One huge part of the problem has gotten far too little attention: the pharmaceutical supply chain where all these drugs start and along which they are distributed. Now, John Coleman, a former DEA officer, has given us a thorough and compelling primer on the supply chain, describing it and showing where the pressure points are for action. He is not happy about what he sees: DEA is overwhelmed, and too secretive with its data;  and the distributors are too interested in profits and far too unwilling to police paying customers. But he also sees room for action and even hope. This article is well worth a read if you are interested in the overdose problem and how to solve it:

Coleman, John J. “The Supply Chain of Medicinal Controlled Substances: Addressing the Achilles Heel of Drug Diversion.” Journal of Pain and Palliative Care Pharmacotherapy 26, no. 3 (2012): 233-50.

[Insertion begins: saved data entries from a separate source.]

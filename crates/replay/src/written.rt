//! Values and calls written to lists of bytes, also if requests for memory are refused.

use crate::encoded::encode;
use crate::mismatch::Mismatch;
use crate::sink::write_method;
use rationed::Rationed;
use std::alloc::{Allocator, Global};
use wasm_encoder::{Call, Encode, EncodeError, InstructionSink, RawSection, Section};

/// A value or calls to write to a list.
#[derive(Clone, Copy)]
pub enum Written<'a> {
    /// The call that the sink's method of this name writes, with the operands that the tokens stand for.
    Method(&'a str, &'a str),
    /// A call.
    Call(&'a Call),
    /// Calls.
    Calls(&'a [Call]),
    /// The encoded value of a token.
    Token(&'a str),
    /// A section without its id.
    Body(RawSection<'a>),
    /// A section.
    Section(RawSection<'a>),
}

/// The bytes are written to an empty list, and after another byte, whichever requests for memory are refused before.
pub fn check_written(alloc: Global, written: Written<'_>, bytes: &[u8]) -> Result<(), Mismatch> {
    check_list_to_end(alloc, &mut Vec::new(alloc), written, bytes)?;
    for granted in 0..16 {
        if is_written(alloc, granted, written, bytes)? {
            return if granted > 1 {
                Ok(())
            } else {
                Err(Mismatch::Growth)
            };
        }
    }
    Err(Mismatch::Growth)
}

/// The bytes are written to a list with so much room, where one request for memory is granted: the room, or a growth.
pub fn check_growth(
    alloc: Global,
    room: usize,
    written: Written<'_>,
    bytes: &[u8],
) -> Result<(), Mismatch> {
    let ration = Rationed::new(alloc, 1);
    let mut list = Vec::with_capacity(&ration, room)?;
    check_list_to_end(alloc, &mut list, written, bytes)
}

/// The bytes are written to a list without room, after another byte, where one request for memory is granted.
pub fn check_growth_of_full(
    alloc: Global,
    written: Written<'_>,
    bytes: &[u8],
) -> Result<(), Mismatch> {
    if is_written(alloc, 2, written, bytes)? {
        Ok(())
    } else {
        Err(Mismatch::Memory)
    }
}

/// The bytes are written to this list, which is empty.
pub fn check_list_to_end<A: Allocator>(
    alloc: Global,
    list: &mut Vec<u8, A>,
    written: Written<'_>,
    bytes: &[u8],
) -> Result<(), Mismatch> {
    write(alloc, written, list)?;
    if list.as_slice() == bytes {
        Ok(())
    } else {
        Err(Mismatch::Written)
    }
}

fn write<A: Allocator>(
    alloc: Global,
    written: Written<'_>,
    list: &mut Vec<u8, A>,
) -> Result<(), Mismatch> {
    match written {
        Written::Method(name, operands) => write_method(alloc, list, name, operands),
        Written::Token(token) => encode(alloc, token, list),
        Written::Call(call) => Ok(write_call(call, list)?),
        Written::Calls(calls) => Ok(write_calls(calls, list)?),
        Written::Body(section) => Ok(section.encode(list)?),
        Written::Section(section) => Ok(section.append_to(list)?),
    }
}

fn write_call<A: Allocator>(call: &Call, list: &mut Vec<u8, A>) -> Result<(), EncodeError> {
    InstructionSink::new(list).write_call(call)?;
    Ok(())
}

fn write_calls<A: Allocator>(calls: &[Call], list: &mut Vec<u8, A>) -> Result<(), EncodeError> {
    InstructionSink::new(list).write_calls(calls)?;
    Ok(())
}

/// Whether the bytes are written after another byte where so many requests for memory are granted. If not, the list is
/// as it was.
fn is_written(
    alloc: Global,
    granted: u64,
    written: Written<'_>,
    bytes: &[u8],
) -> Result<bool, Mismatch> {
    let ration = Rationed::new(alloc, granted);
    let mut list = full_list(&ration);
    let before: &[u8] = if list.is_empty() { &[] } else { &[0x2a] };
    let answer = write(alloc, written, &mut list);
    let rest = list.as_slice().strip_prefix(before);
    match answer {
        Ok(()) if rest == Some(bytes) => Ok(true),
        Ok(()) => Err(Mismatch::Written),
        Err(Mismatch::Memory) if rest == Some(&[]) => Ok(false),
        Err(Mismatch::Memory) => Err(Mismatch::Growth),
        Err(mismatch) => Err(mismatch),
    }
}

/// A list of one byte without room for another, or an empty one where that byte is refused.
fn full_list(ration: &Rationed<Global>) -> Vec<u8, &Rationed<Global>> {
    let Ok(mut list) = Vec::with_capacity(ration, 1) else {
        return Vec::new(ration);
    };
    let _ = list.push(0x2a);
    list
}
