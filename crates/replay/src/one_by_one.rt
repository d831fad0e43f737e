//! Items that come one after another.

use crate::mismatch::Mismatch;
use std::alloc::Global;
use wasm_encoder::{DecodeError, ItemReader, ReadError, Readable};

/// Takes all items, which come at these offsets. Returns what a reader of the list returns.
pub fn all_items<'a, T: Readable<'a>>(
    alloc: Global,
    reader: Result<ItemReader<'a, T>, DecodeError>,
    offsets: &[usize],
) -> Result<Result<Vec<T>, ReadError>, Mismatch> {
    match reader {
        Ok(reader) => take_all(alloc, reader, offsets),
        Err(error) => Ok(Err(ReadError::from(error))),
    }
}

/// Takes all items. Nothing may come after an error.
fn take_all<'a, T: Readable<'a>>(
    alloc: Global,
    reader: ItemReader<'a, T>,
    offsets: &[usize],
) -> Result<Result<Vec<T>, ReadError>, Mismatch> {
    let mut items = Vec::new(alloc);
    let mut refused = None;
    for next in reader {
        if refused.is_some() {
            return Err(Mismatch::Read);
        }
        match next {
            Ok((offset, _)) if offsets.get(items.len()) != Some(&offset) => {
                return Err(Mismatch::Place);
            }
            Ok((_, item)) => items.push(item)?,
            Err(error) => refused = Some(ReadError::from(error)),
        }
    }
    Ok(match refused {
        Some(error) => Err(error),
        None => Ok(items),
    })
}
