//! Vectors of the contents of a custom section after its name: which section it is, its bytes, and `ok` with how many items
//! it has and the normal form, or `refused` with the place.

mod built;

use crate::columns::columns;
use crate::contents::built::check_built;
use crate::decoded::{check_cuts, check_given, check_refusal};
use crate::mismatch::Mismatch;
use std::alloc::Global;

/// Holds the readers, the normalisers and the builders to the vector of a line.
pub fn check(alloc: Global, line: &str) -> Result<(), Mismatch> {
    let (section, contents, answer) = columns(line)?;
    let contents = hex::decode(alloc, contents)?;
    let contents = contents.as_slice();
    match answer.split_once(' ') {
        Some(("ok", expected)) => check_taken(alloc, section, contents, expected),
        Some(("refused", at)) => {
            let at = at.parse().ok().ok_or(Mismatch::NotUnderstood)?;
            check_refusal(alloc, section, contents, at)
        }
        _ => Err(Mismatch::NotUnderstood),
    }
}

/// Checks that the contents have this number of items and normal form, which the builder writes too. Each part of a
/// list must be refused.
fn check_taken(
    alloc: Global,
    section: &str,
    contents: &[u8],
    expected: &str,
) -> Result<(), Mismatch> {
    let (count, normal) = expected.split_once(' ').ok_or(Mismatch::NotUnderstood)?;
    let count: usize = count.parse().ok().ok_or(Mismatch::NotUnderstood)?;
    let normal = hex::decode(alloc, normal)?;
    check_given(alloc, section, contents, normal.as_slice(), count)?;
    if section != "names" && section != "linking" {
        check_cuts(alloc, section, contents)?;
    }
    check_built(alloc, section, contents, normal.as_slice())
}
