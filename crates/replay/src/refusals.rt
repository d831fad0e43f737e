//! Vectors of refusals: the calls that refuse, what they decode, the bytes, and where and why they refuse them.

mod calls;
mod expected;
mod framed;

use crate::mismatch::Mismatch;
use crate::refusals::calls::check_refusal;
use crate::refusals::expected::{Expected, parse_expected};
use crate::refusals::framed::check_framed;
use std::alloc::Global;

/// Holds the calls to the vector of a line.
pub fn check(alloc: Global, line: &str) -> Result<(), Mismatch> {
    let columns: Vec<&str> = line.split('\t').collect(alloc)?;
    let [calls, what, bytes, refusal @ ..] = columns.as_slice() else {
        return Err(Mismatch::NotUnderstood);
    };
    let bytes = hex::decode(alloc, bytes)?;
    let expected = parse_expected(refusal)?;
    check_row(alloc, calls, what, bytes.as_slice(), &expected)
}

/// The calls refuse the bytes so, and the body of a section also in a module.
fn check_row(
    alloc: Global,
    calls: &str,
    what: &str,
    bytes: &[u8],
    expected: &Expected<'_>,
) -> Result<(), Mismatch> {
    check_refusal(alloc, calls, what, bytes, expected)?;
    match calls {
        "all" | "read" => check_framed(alloc, calls, what, bytes, expected),
        _ => Ok(()),
    }
}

P.S. — One of the hopeful signs he sees was Florida’s legislation beefing up state-level monitoring and controls. This takes me back to the successful Wisconsin Cancer Pain Initiative in the 70s and 80s, which articulated the Principle of Balance in drug control and demonstrated that it was possible to have good access to pain medicine and effective control. In those days, David Joranson, the state drug controller, worked closely with DEA, using state regulatory authority to shut down docs and pharmacies who were acting outside the law. The possibility of history repeating itself is a ray of sunlight in the cloudy skies of this issue. (If you are interested in the story, here’s one place to start: Joranson, D., and J. L. Dahl. “Achieving Balance in Drug Policy: The Wisconsin Model.” In Advances in Pain Research and Therapy, edited by CS Hill Jr. and WS Fields. 197-204. New York: Raven Press, 1989.)